**Activity**
Each entry that appears below should be restated word for word.

──────── The input

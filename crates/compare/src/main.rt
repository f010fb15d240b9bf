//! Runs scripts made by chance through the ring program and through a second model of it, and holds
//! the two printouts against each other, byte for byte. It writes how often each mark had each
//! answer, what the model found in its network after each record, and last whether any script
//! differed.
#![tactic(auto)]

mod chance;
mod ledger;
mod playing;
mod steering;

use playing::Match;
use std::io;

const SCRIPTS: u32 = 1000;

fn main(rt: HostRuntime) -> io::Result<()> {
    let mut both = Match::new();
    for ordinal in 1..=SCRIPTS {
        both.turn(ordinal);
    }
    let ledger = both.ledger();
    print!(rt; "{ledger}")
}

────────────────

**Solution for this problem**
filename crates/compare/src/main.rt
repository f010fb15d240b9bf
//! Runs scripts made by chance through the ring program and through a second model of it, and holds
//! the two printouts against each other, byte for byte. It writes how often each mark had each
//! answer, what the model found in its network after each record, and last whether any script
//! differed.
#![tactic(auto)]

mod chance;
mod ledger;
mod playing;
mod steering;

use playing::Match;
use std::io;

const SCRIPTS: u32 = 1000;

fn main(rt: HostRuntime) -> io::Result<()> {
    let mut both = Match::new();
    for ordinal in 1..=SCRIPTS {
        both.turn(ordinal);
    }
    let ledger = both.ledger();
    print!(rt; "{ledger}")
}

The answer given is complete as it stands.